*WORK INSTRUCTION*: Your answer should consist only of the lines below from the one with "(is_sorted p kinds y)" through the one with "reference and a value.", copied exactly.
#####
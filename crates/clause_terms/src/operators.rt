ghost use Rattle.std.specs.Prelude.{◌≡◌, IfOk, IsTrue};
ghost use Rattle.heap_core.specs.declared.value.Value.{Value};
ghost use Rattle.heap_core.specs.declared.value.Seen.{Seen};
ghost use Rattle.heap_core.specs.Outcomes.{is_value, negative as negative_lem, operated, opposite as opposite_lem, with_value};
ghost use Rattle.heap_core.specs.Eval.{binary as binary_lem};
ghost use Rattle.heap_core.specs.Posed.{Posed};
ghost use Rattle.rel_core.specs.Reading.{Reading};
ghost use Rattle.rel_core.specs.Meaning.{holds};
ghost use Rattle.rel_core.specs.Uses.{Kinds, is_sorted, is_sorted_number, is_sorted_set};
ghost use Rattle.clause_terms.specs.declared.term.Shape.TheVariants.{Set as set_shape, Number as number_shape, Truth as truth_shape};
ghost use Rattle.clause_terms.specs.Terms.{HasValue, IsSortedTerm, Tells, is_sorted_shape};

use crate::after::after;
use crate::numbers::{negated, on_numbers};
use crate::term::{Shape, Term, Truth};
use no_memory::NoMemory;
use rel_core::{Formula, NumExpr, RelExpr};
use sqlite_items::Boxed;
use std::alloc::Global;
use taco_unit::Op;

/// Two references are one: the second is in the set of the first.
fn one_reference(
    alloc: Global,
    x: Boxed<RelExpr>,
    y: Boxed<RelExpr>,
) -> Result<Boxed<Formula>, NoMemory>
    ensures meaning { IfOk result (λ r. (m : Reading) (v u : Value) → HasValue m (set_shape x) v → HasValue m (set_shape y) u → holds r m ≡ is_value v u) }
    ensures sorted { IfOk result (λ r. (p : Posed) (kinds : Kinds) → IsTrue (is_sorted_set p kinds x) → IsTrue (is_sorted_set p kinds y) → IsTrue (is_sorted p kinds r)) }
{
    let within = Formula::subset(alloc, y, x)?;
    Ok(within)
}

/// What an operator makes of two references.
fn on_sets(alloc: Global, op: Op, x: Boxed<RelExpr>, y: Boxed<RelExpr>) -> Result<Term, NoMemory>
    ensures told { IfOk result (λ r. (m : Reading) (v u : Value) → HasValue m (set_shape x) v → HasValue m (set_shape y) u → Tells (operated op m.ints v u) r m) }
    ensures sorted { IfOk result (λ r. (p : Posed) (kinds : Kinds) → IsTrue (is_sorted_set p kinds x) → IsTrue (is_sorted_set p kinds y) → IsSortedTerm p kinds r) }
{
    match op {
        Op::Eq => {
            let same = one_reference(alloc, x, y)?;
            let term = Term::sure(alloc, Shape::Truth(same))?;
            Ok(term)
        }
        Op::Ne => {
            let same = one_reference(alloc, x, y)?;
            let other = Formula::not(alloc, same)?;
            let term = Term::sure(alloc, Shape::Truth(other))?;
            Ok(term)
        }
        _ => {
            let term = Term::missing(alloc)?;
            Ok(term)
        }
    }
}

/// What an operator makes of two truth values.
fn on_truths(alloc: Global, op: Op, x: Boxed<Formula>, y: Boxed<Formula>) -> Result<Term, NoMemory>
    ensures told { IfOk result (λ r. (m : Reading) (v u : Value) → HasValue m (truth_shape x) v → HasValue m (truth_shape y) u → Tells (operated op m.ints v u) r m) }
    ensures sorted { IfOk result (λ r. (p : Posed) (kinds : Kinds) → IsTrue (is_sorted p kinds x) → IsTrue (is_sorted p kinds y) → IsSortedTerm p kinds r) }
{
    match op {
        Op::Eq => {
            let same = Formula::same(alloc, x, y)?;
            let term = Term::sure(alloc, Shape::Truth(same))?;
            Ok(term)
        }
        Op::Iff => {
            let same = Formula::same(alloc, x, y)?;
            let term = Term::sure(alloc, Shape::Truth(same))?;
            Ok(term)
        }
        Op::Ne => {
            let same = Formula::same(alloc, x, y)?;
            let other = Formula::not(alloc, same)?;
            let term = Term::sure(alloc, Shape::Truth(other))?;
            Ok(term)
        }
        _ => {
            let term = Term::missing(alloc)?;
            Ok(term)
        }
    }
}

/// What an operator makes of a reference and a value.
fn beside_set(alloc: Global, op: Op, x: Boxed<RelExpr>, right: Shape) -> Result<Term, NoMemory>
    ensures told { IfOk result (λ r. (m : Reading) (v u : Value) → HasValue m (set_shape x) v → HasValue m right u → Tells (operated op m.ints v u) r m) }
    ensures sorted { IfOk result (λ r. (p : Posed) (kinds : Kinds) → IsTrue (is_sorted_set p kinds x) → IsTrue (is_sorted_shape p kinds right) → IsSortedTerm p kinds r) }
{
    match right {
        Shape::Set(y) => {
            let term = on_sets(alloc, op, x, y)?;
            Ok(term)
        }
        Shape::Number(_) => {
            let term = Term::missing(alloc)?;
            Ok(term)
        }
        Shape::Truth(_) => {
            let term = Term::missing(alloc)?;
            Ok(term)
        }
    }
}

/// What an operator makes of a number and a value.
fn beside_number(alloc: Global, op: Op, x: Boxed<NumExpr>, right: Shape) -> Result<Term, NoMemory>
    ensures told { IfOk result (λ r. (m : Reading) (v u : Value) → HasValue m (number_shape x) v → HasValue m right u → Tells (operated op m.ints v u) r m) }
    ensures sorted { IfOk result (λ r. (p : Posed) (kinds : Kinds) → IsTrue (is_sorted_number p kinds x) → IsTrue (is_sorted_shape p kinds right) → IsSortedTerm p kinds r) }
{
    match right {
        Shape::Number(y) => {
            let term = on_numbers(alloc, op, x, y)?;
            Ok(term)
        }
        Shape::Set(_) => {
            let term = Term::missing(alloc)?;
            Ok(term)
        }
        Shape::Truth(_) => {
            let term = Term::missing(alloc)?;
            Ok(term)
        }
    }
}

/// What an operator makes of a truth value and a value.
fn beside_truth(alloc: Global, op: Op, x: Boxed<Formula>, right: Shape) -> Result<Term, NoMemory>
    ensures told { IfOk result (λ r. (m : Reading) (v u : Value) → HasValue m (truth_shape x) v → HasValue m right u → Tells (operated op m.ints v u) r m) }
    ensures sorted { IfOk result (λ r. (p : Posed) (kinds : Kinds) → IsTrue (is_sorted p kinds x) → IsTrue (is_sorted_shape p kinds right) → IsSortedTerm p kinds r) }
{
    match right {
        Shape::Truth(y) => {
            let term = on_truths(alloc, op, x, y)?;
            Ok(term)
        }
        Shape::Set(_) => {
            let term = Term::missing(alloc)?;
            Ok(term)
        }
        Shape::Number(_) => {
            let term = Term::missing(alloc)?;
            Ok(term)
        }
    }
}

/// What an operator makes of two values.
fn on_values(alloc: Global, op: Op, left: Shape, right: Shape) -> Result<Term, NoMemory>
    ensures told { IfOk result (λ r. (m : Reading) (v u : Value) → HasValue m left v → HasValue m right u → Tells (operated op m.ints v u) r m) }
    ensures sorted { IfOk result (λ r. (p : Posed) (kinds : Kinds) → IsTrue (is_sorted_shape p kinds left) → IsTrue (is_sorted_shape p kinds right) → IsSortedTerm p kinds r) }
{
    match left {
        Shape::Set(x) => {
            let term = beside_set(alloc, op, x, right)?;
            Ok(term)
        }
        Shape::Number(x) => {
            let term = beside_number(alloc, op, x, right)?;
            Ok(term)
        }
        Shape::Truth(x) => {
            let term = beside_truth(alloc, op, x, right)?;
            Ok(term)
        }
    }
}

/// The number with the other sign, of a value.
fn negative_value(alloc: Global, value: Shape) -> Result<Term, NoMemory>
    ensures told { IfOk result (λ r. (m : Reading) (v : Value) → HasValue m value v → Tells (negative_lem m.ints v) r m) }
    ensures sorted { IfOk result (λ r. (p : Posed) (kinds : Kinds) → IsTrue (is_sorted_shape p kinds value) → IsSortedTerm p kinds r) }
{
    match value {
        Shape::Number(number) => {
            let term = negated(alloc, number)?;
            Ok(term)
        }
        Shape::Set(_) => {
            let term = Term::missing(alloc)?;
            Ok(term)
        }
        Shape::Truth(_) => {
            let term = Term::missing(alloc)?;
            Ok(term)
        }
    }
}

impl Term {
    /// The number with the other sign. Out where it leaves the bits.
    pub fn negative(alloc: Global, operand: Term) -> Result<Term, NoMemory>
        ensures told { IfOk result (λ r. (m : Reading) (x : Seen) → Tells x operand m → Tells (with_value x (negative_lem m.ints)) r m) }
        ensures sorted { IfOk result (λ r. (p : Posed) (kinds : Kinds) → IsSortedTerm p kinds operand → IsSortedTerm p kinds r) }
    {
        let Term {
            value,
            fine,
            inside,
        } = operand;
        let then = negative_value(alloc, value)?;
        let term = after(alloc, fine, inside, then)?;
        Ok(term)
    }

    /// The opposite truth value.
    pub fn opposite(alloc: Global, operand: Term) -> Result<Term, NoMemory>
        ensures told { IfOk result (λ r. (m : Reading) (x : Seen) → Tells x operand m → Tells (with_value x opposite_lem) r m) }
        ensures sorted { IfOk result (λ r. (p : Posed) (kinds : Kinds) → IsSortedTerm p kinds operand → IsSortedTerm p kinds r) }
    {
        let truth = Truth::of(alloc, operand)?;
        let turned = Truth::opposite(alloc, truth)?;
        Ok(turned.term())
    }

    /// What an operator makes of two outcomes, of which it evaluates both.
    fn strict(alloc: Global, op: Op, left: Term, right: Term) -> Result<Term, NoMemory>
        ensures told { IfOk result (λ r. (m : Reading) (x y : Seen) → Tells x left m → Tells y right m → Tells (with_value x (λ v. with_value y (operated op m.ints v))) r m) }
        ensures sorted { IfOk result (λ r. (p : Posed) (kinds : Kinds) → IsSortedTerm p kinds left → IsSortedTerm p kinds right → IsSortedTerm p kinds r) }
    {
        let Term {
            value,
            fine,
            inside,
        } = left;
        let Term {
            value: right_value,
            fine: right_fine,
            inside: right_inside,
        } = right;
        let made = on_values(alloc, op, value, right_value)?;
        let then = after(alloc, right_fine, right_inside, made)?;
        let term = after(alloc, fine, inside, then)?;
        Ok(term)
    }

    /// What an operator makes of two outcomes. `&&`, `||` and `==>` look at the right one only where it decides.
    pub fn binary(alloc: Global, op: Op, left: Term, right: Term) -> Result<Term, NoMemory>
        ensures told { IfOk result (λ r. (m : Reading) (x y : Seen) → Tells x left m → Tells y right m → Tells (binary_lem op m.ints x y) r m) }
        ensures sorted { IfOk result (λ r. (p : Posed) (kinds : Kinds) → IsSortedTerm p kinds left → IsSortedTerm p kinds right → IsSortedTerm p kinds r) }
    {
        match op {
            Op::And => {
                let first = Truth::of(alloc, left)?;
                let second = Truth::of(alloc, right)?;
                let both = Truth::conjunction(alloc, first, second)?;
                Ok(both.term())
            }
            Op::Or => {
                let first = Truth::of(alloc, left)?;
                let second = Truth::of(alloc, right)?;
                let either = Truth::disjunction(alloc, first, second)?;
                Ok(either.term())
            }
            Op::Implies => {
                let first = Truth::of(alloc, left)?;
                let second = Truth::of(alloc, right)?;
                let implied = Truth::implication(alloc, first, second)?;
                Ok(implied.term())
            }
            _ => {
                let term = Term::strict(alloc, op, left, right)?;
                Ok(term)
            }
        }
    }
}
#####
*WRITTEN ANSWER*:
    ensures sorted { IfOk result (λ r. (p : Posed) (kinds : Kinds) → IsTrue (is_sorted p kinds x) → IsTrue (is_sorted p kinds y) → IsSortedTerm p kinds r) }
{
    match op {
        Op::Eq => {
            let same = Formula::same(alloc, x, y)?;
            let term = Term::sure(alloc, Shape::Truth(same))?;
            Ok(term)
        }
        Op::Iff => {
            let same = Formula::same(alloc, x, y)?;
            let term = Term::sure(alloc, Shape::Truth(same))?;
            Ok(term)
        }
        Op::Ne => {
            let same = Formula::same(alloc, x, y)?;
            let other = Formula::not(alloc, same)?;
            let term = Term::sure(alloc, Shape::Truth(other))?;
            Ok(term)
        }
        _ => {
            let term = Term::missing(alloc)?;
            Ok(term)
        }
    }
}

/// What an operator makes of a reference and a value.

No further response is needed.